结合时空注意力和多层次特征融合的视频显著性预测

近年来，基于三维卷积的视频显著性预测模型采用了全卷积的编码器-解码器架构来提取多层次的时空特征，并取得了令人满意的效果。深层特征包含反映突出区域的语义信息，浅层特征包含详细信息。然而，这些模型有两个问题：它们无法捕获全局信息，并且它们采用的等加权融合机制忽略了深层和浅层特征之间的差异。为了解决这些问题，我们提出了一种结合时空注意和多层次特征融合的新模型，该模型由全局时空相关（GSC）结构和注意引导融合（AGF）模块两个主要组成部分组成。GSC结构采用Video Swin Transformer，通过多头注意机制捕获基于最深层局部时空特征的全局时空相关性。与等加权的融合机制不同，该算法通过时空注意和通道注意分支自适应地计算出仅包含深层特征的注意图，引导特征向显著区域集中并融合。在四个数据集上进行的大量实验表明，所提出的模型与最先进的模型和我们模型的每个组件的有效性具有可比性。
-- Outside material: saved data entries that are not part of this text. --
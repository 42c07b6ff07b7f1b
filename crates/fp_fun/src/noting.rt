//! Definitions and theorems of a group, put into a theory.
ghost use Rattle.std.specs.Prelude.{◌≡◌, ◌<◌, length, IfErr, OnOk};
ghost use Rattle.fp_kernel.specs.Definitions.{Within};
ghost use Rattle.fp_theory.specs.Changes.{Extends};
ghost use Rattle.fp_theory.specs.State.{IsNoted};
ghost use Rattle.fp_outcome.specs.Shown.{IsShownFault};
ghost use Rattle.fp_fun.specs.Ready.{AreReady};

use fp_graph::define_group;
use fp_group::Group;
use fp_kernel::{DefFault, Thm};
use fp_outcome::FunFault;
use fp_term::Name;
use fp_theory::{NoteFault, Theory};
use std::alloc::Global;

// A definition is refused for its name at most: bodies of admitted groups are closed, typed and hide no type variable.
fn of_definition(at: u32, first: &Name, fault: DefFault) -> FunFault
    ensures { IsShownFault result }
{
    match fault {
        DefFault::NameTaken(name) => FunFault::NameTaken { at, name },
        DefFault::NoMemory => FunFault::NoMemory,
        other => {
            drop(other);
            match first.copy() {
                Ok(name) => FunFault::NotProved { at, name },
                Err(_) => FunFault::NoMemory,
            }
        }
    }
}

/// Defines the group's constants.
#[tactic(auto, using(crate::proofs::Extending::group_defined))]
pub(crate) fn defined(
    alloc: Global,
    at: u32,
    first: &Name,
    theory: &mut Theory,
    group: &Group,
) -> Result<(), FunFault>
    requires some { 0 < length group.now.heads }
    ensures extends { Extends theory.old theory.new }
    ensures err { IfErr result IsShownFault }
{
    match define_group(theory, alloc, group) {
        Ok(theorems) => {
            drop(theorems);
            Ok(())
        }
        Err(fault) => Err(of_definition(at, first, fault)),
    }
}

fn of_note(at: u32, name: &Name, fault: NoteFault) -> FunFault
    ensures { IsShownFault result }
{
    match fault {
        NoteFault::NameTaken(name) => FunFault::NameTaken { at, name },
        NoteFault::HasPromise(_) => match name.copy() {
            Ok(name) => FunFault::NotProved { at, name },
            Err(_) => FunFault::NoMemory,
        },
        NoteFault::NoMemory => FunFault::NoMemory,
    }
}

#[tactic(auto, using(crate::proofs::Extending::noted, crate::proofs::Extending::unchanged, fp_theory::proofs::Marks::extends_itself))]
fn note_one(
    alloc: Global,
    at: u32,
    theory: &mut Theory,
    name: &Name,
    theorem: &Thm,
) -> Result<(), FunFault>
    requires { IsNoted theory.old.defs theorem.now }
    ensures extends { Extends theory.old theory.new }
    ensures same { theory.new.defs ≡ theory.old.defs }
    ensures err { IfErr result IsShownFault }
{
    match theory.note(name, theorem.copy(alloc)?) {
        Ok(()) => Ok(()),
        Err(fault) => Err(of_note(at, name, fault)),
    }
}

/// Names the theorems.
#[tactic(auto, using(crate::proofs::Extending::extends_both))]
pub(crate) fn note_each(
    alloc: Global,
    at: u32,
    theory: &mut Theory,
    theorems: &[(Name, Thm)],
) -> Result<(), FunFault>
    requires { AreReady theory.old.defs theorems.now }
    ensures extends { Extends theory.old theory.new }
    ensures err { IfErr result IsShownFault }
{
    for named in theorems {
        note_one(alloc, at, theory, &named.0, &named.1)?;
    }
    Ok(())
}
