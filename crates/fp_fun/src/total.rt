//! The theorems of a group whose functions end.
ghost use Rattle.std.specs.Prelude.{◌≡◌, IfErr, OnOk};
ghost use Rattle.fp_outcome.specs.Shown.{IsShownFault};
ghost use Rattle.fp_fun.specs.Ready.{AreReady};

use crate::cells::cell_lines;
use crate::plan::Plan;
use crate::proving::{add, unproved};
use fp_admit::{induct_name, simp_name, termination_name};
use fp_descend::prove_termination;
use fp_kernel::Thm;
use fp_meaning::Setting;
use fp_outcome::FunFault;
use fp_pinduct::{induct_of, simp_of};
use fp_proof::{Line, Proof, Stop};
use fp_term::{Items, Name, next};

// The theorem that the functions end, and its line.
fn ended(
    proof: &mut Proof<'_>,
    setting: &Setting<'_>,
    plan: &Plan,
    name: &Name,
    theorems: &mut Items<(Name, Thm)>,
) -> Result<Line, Stop>
    requires ready { AreReady proof.old theorems.old }
    ensures same { OnOk result (proof.new ≡ proof.old) }
    ensures ready { OnOk result (AreReady proof.old theorems.new) }
{
    let cells = cell_lines(proof.alloc(), proof, setting.group, plan)?;
    let measures = plan.measures.as_slice();
    let theorem = prove_termination(proof, setting, measures, &plan.found, cells.as_slice())?;
    let line = proof.bring(&theorem)?;
    add(proof, theorems, name.copy()?, theorem)?;
    Ok(line)
}

// The rule of the clause of that number, from 0.
fn add_simp(
    at: u32,
    first: &Name,
    proof: &mut Proof<'_>,
    setting: &Setting<'_>,
    total: Line,
    number: u32,
    psimp: Line,
    theorems: &mut Items<(Name, Thm)>,
) -> Result<(), FunFault>
    requires ready { AreReady proof.old theorems.old }
    ensures same { OnOk result (proof.new ≡ proof.old) }
    ensures ready { OnOk result (AreReady proof.old theorems.new) }
    ensures err { IfErr result IsShownFault }
{
    let name = simp_name(proof.alloc(), first, next(number)?)?;
    match simp_of(proof, setting, number, psimp, total) {
        Ok(theorem) => Ok(add(proof, theorems, name, theorem)?),
        Err(stop) => Err(unproved(at, stop, &name)),
    }
}

fn add_simps(
    at: u32,
    first: &Name,
    proof: &mut Proof<'_>,
    setting: &Setting<'_>,
    total: Line,
    psimps: &[Line],
    theorems: &mut Items<(Name, Thm)>,
) -> Result<(), FunFault>
    requires ready { AreReady proof.old theorems.old }
    ensures same { OnOk result (proof.new ≡ proof.old) }
    ensures ready { OnOk result (AreReady proof.old theorems.new) }
    ensures err { IfErr result IsShownFault }
{
    let mut number = 0u32;
    for psimp in psimps {
        add_simp(at, first, proof, setting, total, number, *psimp, theorems)?;
        number = next(number)?;
    }
    Ok(())
}

// The rule of induction of the function of that number and name.
fn add_induct(
    at: u32,
    proof: &mut Proof<'_>,
    setting: &Setting<'_>,
    total: Line,
    index: u32,
    pinduct: Line,
    name: Name,
    theorems: &mut Items<(Name, Thm)>,
) -> Result<(), FunFault>
    requires ready { AreReady proof.old theorems.old }
    ensures same { OnOk result (proof.new ≡ proof.old) }
    ensures ready { OnOk result (AreReady proof.old theorems.new) }
    ensures err { IfErr result IsShownFault }
{
    match induct_of(proof, setting, index, pinduct, total) {
        Ok(theorem) => Ok(add(proof, theorems, name, theorem)?),
        Err(stop) => Err(unproved(at, stop, &name)),
    }
}

fn add_inducts(
    at: u32,
    proof: &mut Proof<'_>,
    setting: &Setting<'_>,
    total: Line,
    pinducts: &[Line],
    theorems: &mut Items<(Name, Thm)>,
) -> Result<(), FunFault>
    requires ready { AreReady proof.old theorems.old }
    ensures same { OnOk result (proof.new ≡ proof.old) }
    ensures ready { OnOk result (AreReady proof.old theorems.new) }
    ensures err { IfErr result IsShownFault }
{
    let heads = setting.group.heads.as_slice();
    let mut index = 0u32;
    for pinduct in pinducts {
        match heads.get(index as usize) {
            Some(head) => {
                let name = induct_name(proof.alloc(), &head.name)?;
                add_induct(at, proof, setting, total, index, *pinduct, name, theorems)?;
            }
            None => return Err(FunFault::NoMemory),
        }
        index = next(index)?;
    }
    Ok(())
}

/// That the functions end, and their rules, from the lines of the partial rules.
pub(crate) fn add_total(
    at: u32,
    first: &Name,
    proof: &mut Proof<'_>,
    setting: &Setting<'_>,
    plan: &Plan,
    psimps: &[Line],
    pinducts: &[Line],
    theorems: &mut Items<(Name, Thm)>,
) -> Result<(), FunFault>
    requires ready { AreReady proof.old theorems.old }
    ensures same { OnOk result (proof.new ≡ proof.old) }
    ensures ready { OnOk result (AreReady proof.old theorems.new) }
    ensures err { IfErr result IsShownFault }
{
    let name = termination_name(proof.alloc(), first)?;
    let total = match ended(proof, setting, plan, &name, theorems) {
        Ok(line) => line,
        Err(stop) => return Err(unproved(at, stop, &name)),
    };
    add_simps(at, first, proof, setting, total, psimps, theorems)?;
    add_inducts(at, proof, setting, total, pinducts, theorems)
}
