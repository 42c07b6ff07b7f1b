//! The cells that an order uses.
ghost use Rattle.std.specs.Prelude.{◌≡◌, OnOk, IfOk};
ghost use Rattle.fp_retrace.specs.Standing.{AreNamedWithin};

use crate::plan::Plan;
use fp_cells::goals_of;
use fp_declared::{rewrite_rules, rule_theorems};
use fp_descend::cell_line;
use fp_group::Group;
use fp_kernel::Thm;
use fp_level::Rank;
use fp_order::Cell;
use fp_proof::{Line, Proof, Stop};
use fp_retrace::prove_cell;
use fp_rewriting::RuleSet;
use fp_simp::CellData;
use fp_term::{Items, Name};
use std::alloc::Global;

// Is the measure in the set?
fn is_in(sets: &[u32], function: u32, measure: u32) -> bool {
    match sets.get(function as usize) {
        Some(set) => measure < 32 && *set >> measure & 1 == 1,
        None => false,
    }
}

fn is_chosen(column: &[u32], function: u32, measure: u32) -> bool {
    match column.get(function as usize) {
        Some(chosen) => *chosen == measure,
        None => false,
    }
}

// Is the cell one of those by which the rank compares the row's call?
fn is_compared(rank: &Rank, caller: u32, callee: u32, cell: Cell) -> bool {
    match rank {
        Rank::Column(column) => {
            is_chosen(column.as_slice(), caller, cell.source)
                && is_chosen(column.as_slice(), callee, cell.target)
        }
        Rank::Max(sets) => {
            is_in(sets.as_slice(), caller, cell.source)
                && is_in(sets.as_slice(), callee, cell.target)
        }
        Rank::Min(sets) => {
            is_in(sets.as_slice(), caller, cell.source)
                && is_in(sets.as_slice(), callee, cell.target)
        }
    }
}

// The position of the rank that decides the row.
fn decided(plan: &Plan, row: u32) -> Option<u32> {
    match plan.found.decided.as_slice().get(row as usize) {
        Some(position) => *position,
        None => None,
    }
}

// Is the cell compared by a rank up to the one that decides its row?
fn is_used(plan: &Plan, cell: Cell) -> bool {
    let Some(position) = decided(plan, cell.row) else {
        return false;
    };
    let Some((caller, callee)) = plan.grid.rows.as_slice().get(cell.row as usize) else {
        return false;
    };
    let mut left = position as u64 + 1;
    for rank in plan.found.ranks.as_slice() {
        if left == 0 {
            return false;
        }
        if is_compared(rank, *caller, *callee, cell) {
            return true;
        }
        left -= 1;
    }
    false
}

// Puts the line of the cell's theorem at the end, where its verdict isn't Unknown.
fn add_cell(
    proof: &mut Proof<'_>,
    theorems: &[(Name, Thm)],
    rules: &RuleSet,
    data: &CellData,
    lines: &mut Items<Line>,
) -> Result<(), Stop>
    requires { AreNamedWithin proof.old theorems.now }
    ensures { OnOk result (proof.new ≡ proof.old) }
{
    let theory = proof.theory();
    match prove_cell(proof.alloc(), theory.defs(), theorems, rules, data)? {
        Some((_, theorem)) => {
            lines.push(cell_line(proof, &theorem, data.guards.as_slice())?)?;
            Ok(())
        }
        None => Ok(()),
    }
}

fn add_cell_of(
    proof: &mut Proof<'_>,
    theorems: &[(Name, Thm)],
    rules: &RuleSet,
    group: &Group,
    plan: &Plan,
    cell: Cell,
    lines: &mut Items<Line>,
) -> Result<(), Stop>
    requires { AreNamedWithin proof.old theorems.now }
    ensures { OnOk result (proof.new ≡ proof.old) }
{
    match goals_of(proof.alloc(), group, plan.measures.as_slice(), cell)? {
        Some(data) => add_cell(proof, theorems, rules, &data, lines),
        None => Err(Stop::Stuck),
    }
}

/// The lines of the cells that the order uses.
pub(crate) fn cell_lines(
    alloc: Global,
    proof: &mut Proof<'_>,
    group: &Group,
    plan: &Plan,
) -> Result<Items<Line>, Stop>
    ensures { OnOk result (proof.new ≡ proof.old) }
{
    let theory = proof.theory();
    let rules = rewrite_rules(alloc, theory)?;
    let theorems = rule_theorems(alloc, theory)?;
    let mut lines = Items::new(alloc);
    for cell in plan.cells.as_slice() {
        if is_used(plan, *cell) {
            add_cell_of(
                proof,
                theorems.as_slice(),
                &rules,
                group,
                plan,
                *cell,
                &mut lines,
            )?;
        }
    }
    Ok(lines)
}
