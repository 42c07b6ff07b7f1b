//! The commands for groups of functions: a group is admitted and defined, its theorems are proved and named, and what was made is
//! shown; or the theory is as before.
#![tactic(auto)]

mod cells;
mod commands;
mod noting;
mod plan;
mod proving;
mod searching;
mod showing;
mod total;

pub use commands::{fun_command, function_command};
pub use fp_admit::GroupSpec;
pub use fp_outcome::{FunFault, OrderPart};
pub use fp_report::Item;
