//! The theorems of a group that is defined.
ghost use Rattle.std.specs.Prelude.{◌≡◌, IfOk, IfErr, OnOk};
ghost use Rattle.fp_kernel.specs.Theorems.{plain};
ghost use Rattle.fp_retrace.specs.Standing.{IsWithin};
ghost use Rattle.fp_outcome.specs.Shown.{IsShownFault};
ghost use Rattle.fp_fun.specs.Ready.{AreReady};

use crate::plan::Plan;
use crate::total::add_total;
use fp_admit::{pinduct_name, psimp_name};
use fp_complete::prove_complete;
use fp_det::prove_det;
use fp_group::Group;
use fp_kernel::Thm;
use fp_meaning::{Setting, setting};
use fp_outcome::FunFault;
use fp_partial::prove_psimp;
use fp_pinduct::{Inductions, prove_inductions};
use fp_proof::{Line, Proof, Stop};
use fp_spec::names_in;
use fp_term::{Items, Name, next};
use fp_theory::Theory;
use std::alloc::{AllocError, Global};

/// That the theorem of that name isn't proved, or want of memory.
pub(crate) fn unproved(at: u32, stop: Stop, name: &Name) -> FunFault
    ensures { IsShownFault result }
{
    match stop {
        Stop::NoMemory => FunFault::NoMemory,
        Stop::Stuck => match name.copy() {
            Ok(name) => FunFault::NotProved { at, name },
            Err(_) => FunFault::NoMemory,
        },
    }
}

/// Puts a theorem at the end, under its name.
pub(crate) fn add(
    proof: &Proof<'_>,
    theorems: &mut Items<(Name, Thm)>,
    name: Name,
    theorem: Thm,
) -> Result<(), AllocError>
    requires ready { AreReady proof.now theorems.old }
    requires within { IsWithin proof.now theorem }
    requires alone { theorem ≡ plain theorem.defs theorem.concl }
    ensures { OnOk result (AreReady proof.now theorems.new) }
{
    theorems.push((name, theorem))
}

// What is proved first: that the clauses are complete and determine one value.
#[derive(Clone, Copy)]
struct Premises {
    complete: Line,
    det: Line,
}

fn proved_premises(
    at: u32,
    name: &Name,
    proof: &mut Proof<'_>,
    setting: &Setting<'_>,
) -> Result<Premises, FunFault>
    ensures same { OnOk result (proof.new ≡ proof.old) }
    ensures err { IfErr result IsShownFault }
{
    let complete = match prove_complete(proof, setting) {
        Ok(line) => line,
        Err(stop) => return Err(unproved(at, stop, name)),
    };
    match prove_det(proof, setting) {
        Ok(det) => Ok(Premises { complete, det }),
        Err(stop) => Err(unproved(at, stop, name)),
    }
}

// The line of a theorem that is put at the end.
fn kept(
    at: u32,
    proof: &mut Proof<'_>,
    theorems: &mut Items<(Name, Thm)>,
    name: Name,
    theorem: Thm,
) -> Result<Line, FunFault>
    requires ready { AreReady proof.old theorems.old }
    requires within { IsWithin proof.old theorem }
    requires alone { theorem ≡ plain theorem.defs theorem.concl }
    ensures same { OnOk result (proof.new ≡ proof.old) }
    ensures ready { OnOk result (AreReady proof.old theorems.new) }
    ensures err { IfErr result IsShownFault }
{
    match proof.bring(&theorem) {
        Ok(line) => {
            add(proof, theorems, name, theorem)?;
            Ok(line)
        }
        Err(stop) => Err(unproved(at, stop, &name)),
    }
}

// The partial rule of the clause of that number, from 0.
fn add_psimp(
    at: u32,
    first: &Name,
    proof: &mut Proof<'_>,
    setting: &Setting<'_>,
    premises: Premises,
    number: u32,
    theorems: &mut Items<(Name, Thm)>,
) -> Result<Line, FunFault>
    requires ready { AreReady proof.old theorems.old }
    ensures same { OnOk result (proof.new ≡ proof.old) }
    ensures ready { OnOk result (AreReady proof.old theorems.new) }
    ensures err { IfErr result IsShownFault }
{
    let name = psimp_name(proof.alloc(), first, next(number)?)?;
    match prove_psimp(proof, setting, premises.complete, premises.det, number) {
        Ok(theorem) => kept(at, proof, theorems, name, theorem),
        Err(stop) => Err(unproved(at, stop, &name)),
    }
}

fn add_psimps(
    at: u32,
    first: &Name,
    proof: &mut Proof<'_>,
    setting: &Setting<'_>,
    premises: Premises,
    theorems: &mut Items<(Name, Thm)>,
) -> Result<Items<Line>, FunFault>
    requires ready { AreReady proof.old theorems.old }
    ensures same { OnOk result (proof.new ≡ proof.old) }
    ensures ready { OnOk result (AreReady proof.old theorems.new) }
    ensures err { IfErr result IsShownFault }
{
    let mut lines = Items::new(proof.alloc());
    for index in 0..setting.group.clauses.as_slice().len() {
        let Ok(number) = u32::try_from(index) else {
            return Err(FunFault::NoMemory);
        };
        lines.push(add_psimp(at, first, proof, setting, premises, number, theorems)?)?;
    }
    Ok(lines)
}

// The rule of induction of the function of that number and name.
fn add_pinduct(
    at: u32,
    proof: &mut Proof<'_>,
    setting: &Setting<'_>,
    inductions: &Inductions,
    index: u32,
    name: Name,
    theorems: &mut Items<(Name, Thm)>,
) -> Result<Line, FunFault>
    requires ready { AreReady proof.old theorems.old }
    ensures same { OnOk result (proof.new ≡ proof.old) }
    ensures ready { OnOk result (AreReady proof.old theorems.new) }
    ensures err { IfErr result IsShownFault }
{
    match inductions.theorem(proof, setting, index) {
        Ok(theorem) => kept(at, proof, theorems, name, theorem),
        Err(stop) => Err(unproved(at, stop, &name)),
    }
}

fn add_pinducts(
    at: u32,
    first: &Name,
    proof: &mut Proof<'_>,
    setting: &Setting<'_>,
    premises: Premises,
    theorems: &mut Items<(Name, Thm)>,
) -> Result<Items<Line>, FunFault>
    requires ready { AreReady proof.old theorems.old }
    ensures same { OnOk result (proof.new ≡ proof.old) }
    ensures ready { OnOk result (AreReady proof.old theorems.new) }
    ensures err { IfErr result IsShownFault }
{
    let inductions = match prove_inductions(proof, setting, premises.complete) {
        Ok(inductions) => inductions,
        Err(stop) => return Err(unproved(at, stop, first)),
    };
    let mut lines = Items::new(proof.alloc());
    let mut index = 0u32;
    for head in setting.group.heads.as_slice() {
        let name = pinduct_name(proof.alloc(), &head.name)?;
        lines.push(add_pinduct(at, proof, setting, &inductions, index, name, theorems)?)?;
        index = next(index)?;
    }
    Ok(lines)
}

// The partial rules, and those of the total functions where there is an order.
fn add_all(
    at: u32,
    first: &Name,
    proof: &mut Proof<'_>,
    group: &Group,
    plan: Option<&Plan>,
    theorems: &mut Items<(Name, Thm)>,
) -> Result<(), FunFault>
    requires ready { AreReady proof.old theorems.old }
    ensures same { OnOk result (proof.new ≡ proof.old) }
    ensures ready { OnOk result (AreReady proof.old theorems.new) }
    ensures err { IfErr result IsShownFault }
{
    let setting = match setting(proof, group) {
        Ok(setting) => setting,
        Err(stop) => return Err(unproved(at, stop, first)),
    };
    let premises = proved_premises(at, first, proof, &setting)?;
    let psimps = add_psimps(at, first, proof, &setting, premises, theorems)?;
    let pinducts = add_pinducts(at, first, proof, &setting, premises, theorems)?;
    match plan {
        Some(plan) => add_total(
            at,
            first,
            proof,
            &setting,
            plan,
            psimps.as_slice(),
            pinducts.as_slice(),
            theorems,
        ),
        None => Ok(()),
    }
}

/// The theorems of a group that is defined in the theory, under their names: the partial rules, and those of the total functions
/// where there is an order.
pub(crate) fn proved(
    alloc: Global,
    at: u32,
    theory: &Theory,
    group: &Group,
    plan: Option<&Plan>,
) -> Result<Items<(Name, Thm)>, FunFault>
    ensures ready { IfOk result (AreReady theory.now.defs) }
    ensures err { IfErr result IsShownFault }
{
    let known = names_in(alloc, group)?;
    let mut proof = Proof::new(alloc, theory, known);
    let mut theorems = Items::new(alloc);
    match group.heads.as_slice() {
        [first, ..] => add_all(at, &first.name, &mut proof, group, plan, &mut theorems)?,
        [] => return Err(FunFault::NoMemory),
    }
    Ok(theorems)
}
本文章由计算机程序翻译，如有差异，请以英文原文为准。

求助全文

约1分钟内获得全文求助全文

来源期刊

Image and Vision Computing 工程技术-工程：电子与电气

CiteScore

8.50

自引率

8.50%

发文量

143

审稿时长

7.8 months

期刊介绍： Image and Vision Computing has as a primary aim the provision of an effective medium of interchange for the results of high quality theoretical and applied research fundamental to all aspects of image interpretation and computer vision. The journal publishes work that proposes new image interpretation and computer vision methodology or addresses the application of such methods to real world scenes. It seeks to strengthen a deeper understanding in the discipline by encouraging the quantitative comparison and performance evaluation of the proposed methodology. The coverage includes: image interpretation, scene modelling, object recognition and tracking, shape analysis, monitoring and surveillance, active vision and robotic systems, SLAM, biologically-inspired computer vision, motion analysis, stereo vision, document image understanding, character and handwritten text recognition, face and gesture recognition, biometrics, vision-based human-computer interaction, human activity and behavior understanding, data fusion from multiple sensor inputs, image databases.